Bob, through his involvement as a founding and continuing member of the Old Sydney Society, held executive positions numerous times and continued to work toward a thriving heritage community in the area. He volunteered with the Sydney Steel Museum as well as the Lyceum Heritage Society, offered advice to forming societies and advocated on behalf of archives and museums to municipal, provincial and federal government departments as a means to enhance ones engagement with their community. He believed that archives and museums were foundational to responsible citizenship; one must know the history of their community, the struggles and the successes.

Bob’s early teaching and community involvement led him to further his education. Bob obtained his MA in Canadian History from Queen’s University in 1964. It was during his graduate studies at Queen’s that Bob met his future wife Barbara (Babs) MacKinnon a native of Inverness Cape Breton.

Following the completion of his MA Bob worked with the Public Archives of Canada in Ottawa. It was here Bob learned to be an archivist and he developed an interest in the colonial period of Cape Breton history. Bob continued his studies in History and completed his Ph.D. at Ottawa University. In 1971 he was offered the position of Senior Historian at the Fortress of Louisbourg National Historic Park where he worked for the next five years.

Working as the Senior Historian from 1971-1976 Bob helped to shape the interpretation of the largest historic reconstruction site in North America. Bob’s keen interest in social history meant he brought the lives of these early settlers, citizens and militia to life and encouraged Cape Bretoners, Nova Scotians and Canadians to know and engage in their past.

In 1976, following the tragic loss of Sr. Margaret Beaton, College of Cape Breton Principal Fr. MacLennan invited Bob to join the history faculty and become the Director of the Beaton Institute archives. During his time as Director, Bob transformed the archives into a research centre out of which has grown the wealth of regional and Cape Breton studies research and programming which is evident at Cape Breton University today. Bob remained with the University for 26 years and in 1990 was appointed Cape Breton University’s first Dean of Research and Development.

Through his position at the Beaton Institute Bob became an advocate of Nova Scotia’s growing community archives and museum movement. In 1982 Bob chaired the first organizational meeting of what would become the Council of Nova Scotia Archives (CNSA). He then served as the CNSA’s first president from 1983-1985. Bob left his mark on the Nova Scotia archival community, laying a strong foundation for other archivists to build upon.

Bob’s contribution was also felt nationally as he was a founding member of the National Archival Appraisal Board and in 1976 served as Vice-President. In 1979 Bob was the Atlantic Canada representative for the Archives Committee of SSHRCC which during his term investigated the reform of the national archival system. Bob also served as President of the Association of Canadian Archivists from 1985-1986.

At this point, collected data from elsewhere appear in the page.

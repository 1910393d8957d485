//! Branches that stand one behind the other, each with a jump behind it.
ghost use Rattle.std.specs.Prelude.{◌≡◌};
ghost use Rattle.pfc_tree.specs.views.Stmts.{comm_view};
ghost use Rattle.pfc_statement_code.specs.Branches as branches;

use pfc_addresses::Site;
use pfc_code::Instr;
use pfc_emit::EmitFault;
use pfc_expression_code::Coder;
use pfc_tree::Comm;
use std::alloc::Global;

/// Where branches begin, and the jumps behind them, which lead nowhere yet: their addresses, from 0, in the order of the text.
#[derive(Drop)]
pub(crate) struct Marks {
    pub starts: Vec<u32>,
    pub ends: Vec<u32>,
}

impl Marks {
    ghost use Rattle.std.specs.Prelude.{◌≡◌, ◌++◌, [], ◌∷◌, ◌+◌, length, OnOk, IfErr};
    ghost use Rattle.pfc_translation.specs.Codes.{one};
    ghost use Rattle.pfc_emit.specs.declared.emitter.EmitFault.TheVariants.{Full, Memory as NoMemory};
    ghost use Rattle.pfc_addresses.specs.Sites.{site_view};
    ghost use Rattle.pfc_expression_code.specs.Putting.{IsMade, IsTooLarge};

    /// No branch. It takes no memory.
    pub(crate) fn new(alloc: Global) -> Marks
        ensures starts { result.starts.items ≡ [] }
        ensures ends { result.ends.items ≡ [] }
    {
        Marks {
            starts: Vec::new(alloc),
            ends: Vec::new(alloc),
        }
    }

    /// A branch begins with what is put next. Its only refusal is want of memory.
    pub(crate) fn begin(&mut self, code: &Coder) -> Result<(), EmitFault>
        ensures starts { OnOk result (self.new.starts.items ≡ self.old.starts.items ++ length code.now.code ∷ []) }
        ensures ends { self.new.ends.items ≡ self.old.ends.items }
        ensures fault { IfErr result (λ fault. fault ≡ NoMemory) }
    {
        match self.starts.push(code.here()) {
            Ok(()) => Ok(()),
            Err(_) => Err(EmitFault::Memory),
        }
    }

    /// Puts the jump behind a branch, which leads nowhere yet.
    pub(crate) fn end(&mut self, site: Site, code: &mut Coder) -> Result<(), EmitFault>
        ensures code { OnOk result (IsMade (one (site_view site.entry) (Instr.JMP 0)) code.old code.new) }
        ensures starts { self.new.starts.items ≡ self.old.starts.items }
        ensures ends { OnOk result (self.new.ends.items ≡ self.old.ends.items ++ length code.old.code ∷ []) }
        ensures large { IfErr result (λ fault. fault ≡ Full → IsTooLarge (one (site_view site.entry) (Instr.JMP 0)) code.old) }
    {
        let end = code.place(Instr::JMP(0), site)?;
        match self.ends.push(end) {
            Ok(()) => Ok(()),
            Err(_) => Err(EmitFault::Memory),
        }
    }
}

/// Whether an alternative is `terminate`.
pub(crate) fn is_terminate(comm: &Comm) -> bool
    ensures { result ≡ branches.is_terminate (comm_view comm.now) }
{
    match comm {
        Comm::Terminate(_) => true,
        Comm::Accept(_, _) => false,
        Comm::Send(_, _, _) => false,
        Comm::Receive(_, _, _) => false,
        Comm::Timeout(_, _) => false,
    }
}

Dr. Morgan’s publications are indeed a lasting contribution to the scholarly fields of history, public history and regional studies. Bob published 4 books focusing on the history of Cape Breton Island including Rise Again! The Story of Cape Breton Island Volume 1 and Volume 2; Perseverance: The Story of Cape Breton’s University College (1952-2002); and Early Cape Breton: From Founding to Famine. Dr. Morgan also published in various journals on the history of 18th century Louisbourg, historical biographies, the Loyalist founding and early history of Sydney.

During his life Bob was committed to his wife Babs, Cape Breton Island, teaching, heritage, research and writing, and his garden. It is in Robert J Morgan’s honour the series Cape Bretoniana is established and through his legacy this Grant-in-Aid Program is possible.